5. The next particular to which I would refer is the injunction in the sixteenth verse, “They shall be baken with leaven.” There is a beautiful significance in this; the leaven, we know, is a type of the flesh--of nature--of the old man, and when it is directed that it should be mingled with this offering, it appears, at first sight, extraordinary. Why should that which is thus dedicated to God be thus defiled? There is something significant in this: there was no leaven mingled with the sheaf of corn which was waved on the second day of unleavened bread, because it was a type of Him in whom was no sin; but it is otherwise inregard to that which is designed to represent His people; they would not be perfectly exhibited if there was not this memorial. It is true that they are raised from the death of sin; but it is also true that “the old man” does still remain in them, and, by the taint and infection of the flesh, pollutes their every service, and brings them in still as miserable sinners before God. Here, then, we have an accurate view of the present character of the Church of Christ; animated, indeed, with new, with spiritual life, yet still encompassed with the infirmity, and impeded by the opposition of the flesh. And, accordingly, it is important to observe there is a sin-offering expressly enjoined to be offered with the two wave loaves (verse 19). This is a remarkable instance of that minuteness with which these types are regulated, and more particularly when it is observed that there was no sin-offering to be made when the sheaf of firstfruits was presented. Oh! beloved, do you feel the virus of the flesh? Are you conscious of its perpetual pressure? Behold, here is the provision He has made to meet your anguish (Hebrews 10:22).

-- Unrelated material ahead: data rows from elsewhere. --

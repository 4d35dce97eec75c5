ghost use Rattle.std.specs.Prelude.{◌≡◌, ◌<◌, ◌≤◌, ◌^◌, None, Some, IfOk, length, map};
ghost use Rattle.std.specs.Str.{IsUtf8};
ghost use Rattle.std.specs.Prelude.{ℕ, List, ◌⊎◌};
ghost use Rattle.fpl_model.specs.declared.presentation.Presentation.{Presentation as Presented};
ghost use Rattle.fpl_reader.specs.declared.fault.Reason.{Reason as Refusal};
ghost use Rattle.fpl_reader.specs.Reading.{HasPresentation, IsRefused};
ghost use Rattle.std.specs.Prelude.{IsTrue, All};
ghost use Rattle.fpl_numbers.specs.Numbers.{is_listed};
ghost use Rattle.fpl_reader.specs.Events.{fields_in, declared_in};
ghost use Rattle.fpl_reader.specs.Stream.{IsLexable};
ghost use Rattle.fpl_reader.specs.Texts.{text_tokens, text_events};
ghost use Rattle.fpl_model.specs.Sound.{HaveWeights, IsSound};
ghost use Rattle.fpl_syntax.specs.Sight.{sight};
ghost use Rattle.fpl_reader.specs.Terms.{AreSidesTerms};
ghost use Rattle.fpl_reader.specs.Answers.{IsLexicalRefusal, IsRefusal, bare_of};
ghost use Rattle.fpl_reader.specs.Reading.{late_refusal, first_place, unknown_in, Read, weight_or_one, name_of, generator_of, kind_of, bad_prime, bad_weight_given, bad_weight, early_refusal, too_deep};

use crate::claims::{bare, mixed_parity, mixed_weight, with_claims};
use crate::declarations::early_refusal;
use crate::names::{unknown_name, zero_denominator};
use crate::sentence::parse_text;
use crate::survey::{DeclaredName, FieldName, FieldStatement, Survey, survey_of};
use crate::tokens::{depth_fault, lexical_fault};
use crate::{ReaderError, Reason};
use fpl_lex::LexError;
use fpl_model::{Generator, Generators, Name, Presentation};
use fpl_numbers::{Kind, PRIMES};
use fpl_syntax::{Claim, Numeral, Scope, minus_one};
use sqlite_items::Items;
use std::alloc::{AllocError, Global};

fn weight_or_one(weight: Option<Numeral>) -> u32
    requires { bad_weight_given weight ≡ None }
    ensures { result ≡ weight_or_one weight }
{
    match weight {
        None => 1,
        Some(n) => n.value as u32,
    }
}

// The generator that a name declares.
fn generator(alloc: Global, text: &[u8], d: &DeclaredName) -> Result<Generator, AllocError>
    requires text { IsUtf8 (name_of text.now d.now) }
    requires weight { bad_weight_given d.now.weight ≡ None }
    ensures { IfOk result (λ g. g ≡ generator_of text.now d.now) }
{
    let name = std::str::from_utf8(d.word.bytes(text)).unwrap();
    Ok(Generator {
        name: Name::of_text(alloc, name)?,
        parity: d.parity,
        weight: weight_or_one(d.weight),
    })
}

fn generators(alloc: Global, text: &[u8], names: &[DeclaredName]) -> Result<Generators, AllocError>
    requires texts { All (λ d. IsUtf8 (name_of text.now d)) names.now }
    requires weights { bad_weight names.now ≡ None }
    ensures { IfOk result (λ gs. gs ≡ map (generator_of text.now) names.now) }
{
    let mut all = Items::new(alloc);
    for d in names {
        all.push(generator(alloc, text, d)?)?;
    }
    Ok(all)
}

fn prime(p: u128) -> Kind
    requires { IsTrue (is_listed p) }
    ensures { result ≡ Kind.Prime p }
{
    Kind::Prime(p as u32)
}

fn kind_of(fields: &[FieldStatement]) -> Kind
    requires { bad_prime fields.now ≡ None }
    ensures { result ≡ kind_of fields.now }
{
    match fields {
        [first, ..] => match first.name {
            FieldName::Rationals => Kind::Rational,
            FieldName::Prime(n) => prime(n.value),
        },
        _ => Kind::Rational,
    }
}

fn refused(place: usize, reason: Reason) -> ReaderError
    ensures { result ≡ ReaderError.Refused place reason }
{
    ReaderError::Refused {
        place: place as u64,
        reason,
    }
}

fn lexical_refusal(e: LexError) -> ReaderError
    ensures { IsLexicalRefusal e result }
{
    match e {
        LexError::BadByte(place) => ReaderError::Refused {
            place,
            reason: Reason::BadByte,
        },
        LexError::NumberTooLarge(place) => ReaderError::Refused {
            place,
            reason: Reason::NumberTooLarge,
        },
        LexError::NameTooLong(place) => ReaderError::Refused {
            place,
            reason: Reason::NameTooLong,
        },
        LexError::NoMemory => ReaderError::NoMemory,
    }
}

// A text that is refused for its fields or declarations, unless it is no sentence.
fn refuse_sentence(alloc: Global, text: &[u8], place: usize, reason: Reason) -> ReaderError
    requires lexable { IsLexable text.now 0 }
    requires few { length (text_tokens text.now) < 2 ^ 32 }
    requires shallow { too_deep 0 0 (text_tokens text.now) ≡ None }
    requires early { early_refusal text.now (fields_in (text_events text.now)) (declared_in (text_events text.now)) None ≡ Some (place, reason) }
    ensures { IsRefusal text.now result }
{
    let Ok(minus_one) = minus_one(alloc, Kind::Rational) else {
        return ReaderError::NoMemory;
    };
    let scope = Scope {
        kind: Kind::Rational,
        text,
        generators: &[],
        minus_one: &minus_one,
    };
    match parse_text(alloc, &scope) {
        Ok(_) => refused(place, reason),
        Err(e) => e,
    }
}

// The first reason that the expressions give.
fn late_refusal(scope: &Scope, p: &Presentation, claims: &[Claim]) -> Option<(usize, Reason)>
    requires lexable { IsLexable scope.now.text.now 0 }
    requires weights { HaveWeights p.now.generators }
    requires terms { first_place (unknown_in (sight scope.now)) (text_events scope.now.text.now) ≡ None →
        All (AreSidesTerms p.now.field (length p.now.generators)) claims.now }
    ensures { result ≡ late_refusal (sight scope.now) (text_events scope.now.text.now) p.now claims.now }
{
    if let Some(place) = unknown_name(scope) {
        return Some((place, Reason::UnknownName));
    }
    if let Some(place) = zero_denominator(scope) {
        return Some((place, Reason::ZeroDenominator));
    }
    if let Some(place) = mixed_weight(p, claims) {
        return Some((place, Reason::MixedWeight));
    }
    match mixed_parity(p, claims) {
        Some(place) => Some((place, Reason::MixedParity)),
        None => None,
    }
}

// The presentation of a text whose fields and declarations are allowed, from its field and generators.
fn read_sentence(alloc: Global, text: &[u8], p: Presentation) -> Result<Presentation, ReaderError>
    requires lexable { IsLexable text.now 0 }
    requires few { length (text_tokens text.now) < 2 ^ 32 }
    requires shallow { too_deep 0 0 (text_tokens text.now) ≡ None }
    requires early { early_refusal text.now (fields_in (text_events text.now)) (declared_in (text_events text.now)) None ≡ None }
    requires bare { p ≡ bare_of text.now }
    ensures { Read text.now result }
{
    let minus_one = minus_one(alloc, p.field)?;
    let scope = Scope {
        kind: p.field,
        text,
        generators: p.generators.as_slice(),
        minus_one: &minus_one,
    };
    let claims = parse_text(alloc, &scope)?;
    if let Some((place, reason)) = late_refusal(&scope, &p, claims.as_slice()) {
        return Err(refused(place, reason));
    }
    match with_claims(p, claims) {
        Ok(p) => Ok(p),
        Err(_) => Err(ReaderError::NoMemory),
    }
}

fn read_text(alloc: Global, text: &[u8]) -> Result<Presentation, ReaderError>
    requires { length text.now < 2 ^ 32 }
    ensures { Read text.now result }
{
    if let Some(e) = lexical_fault(text) {
        return Err(lexical_refusal(e));
    }
    if let Some(place) = depth_fault(text) {
        return Err(refused(place, Reason::TooDeep));
    }
    let survey = survey_of(alloc, text)?;
    if let Some((place, reason)) = early_refusal(alloc, text, &survey)? {
        return Err(refuse_sentence(alloc, text, place, reason));
    }
    let Survey { fields, declared } = survey;
    let generators = generators(alloc, text, declared.as_slice())?;
    read_sentence(
        alloc,
        text,
        bare(alloc, kind_of(fields.as_slice()), generators),
    )
}

/// The presentation that a text is, which is sound. `Refused` comes exactly where it is none.
pub fn read(alloc: Global, text: &[u8]) -> Result<Presentation, ReaderError>
    requires { length text.now < 2 ^ 32 }
    ensures read { Read text.now result }
    ensures sound { IfOk result (λ p. IsSound p) }
{
    read_text(alloc, text)
}

/// A text is one presentation, or has one refusal, and not both.
pub fn one_answer()
    ensures presentation { (text : List ℕ) (p q : Presented) → HasPresentation text p → HasPresentation text q → p ≡ q }
    ensures refusal { (text : List ℕ) (a b : ℕ) (v w : Refusal) → IsRefused text a v → IsRefused text b w → (a ≡ b) × (v ≡ w) }
    ensures apart { (text : List ℕ) (p : Presented) (place : ℕ) (why : Refusal) → HasPresentation text p → IsRefused text place why → ⊥ }
    ensures some { (text : List ℕ) → ((p : Presented) × HasPresentation text p) ⊎ ((place : ℕ) × (why : Refusal) × IsRefused text place why) }
{}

6. But lastly, let us always bear in mind the view which this ordinance gives us of the Church as the firstfruits of God’s mercies towards the world at large. The infidel taunts us with the little that the gospel has accomplished, and maintains that Christianity has proved a failure; and truly if, as is supposed by some, the Scriptures held out the expectation that the gospel was to go on gradually extending, until the world was evangelised, there were some appearance of reason in the imputation. Let us ever bear in mind we have an earnest of a glorious harvest which is yet to come. As surely as the firstfruits are now waved in His presence, so surely shall the harvest be gathered into His garner. (J. B. Lowe, B. A.)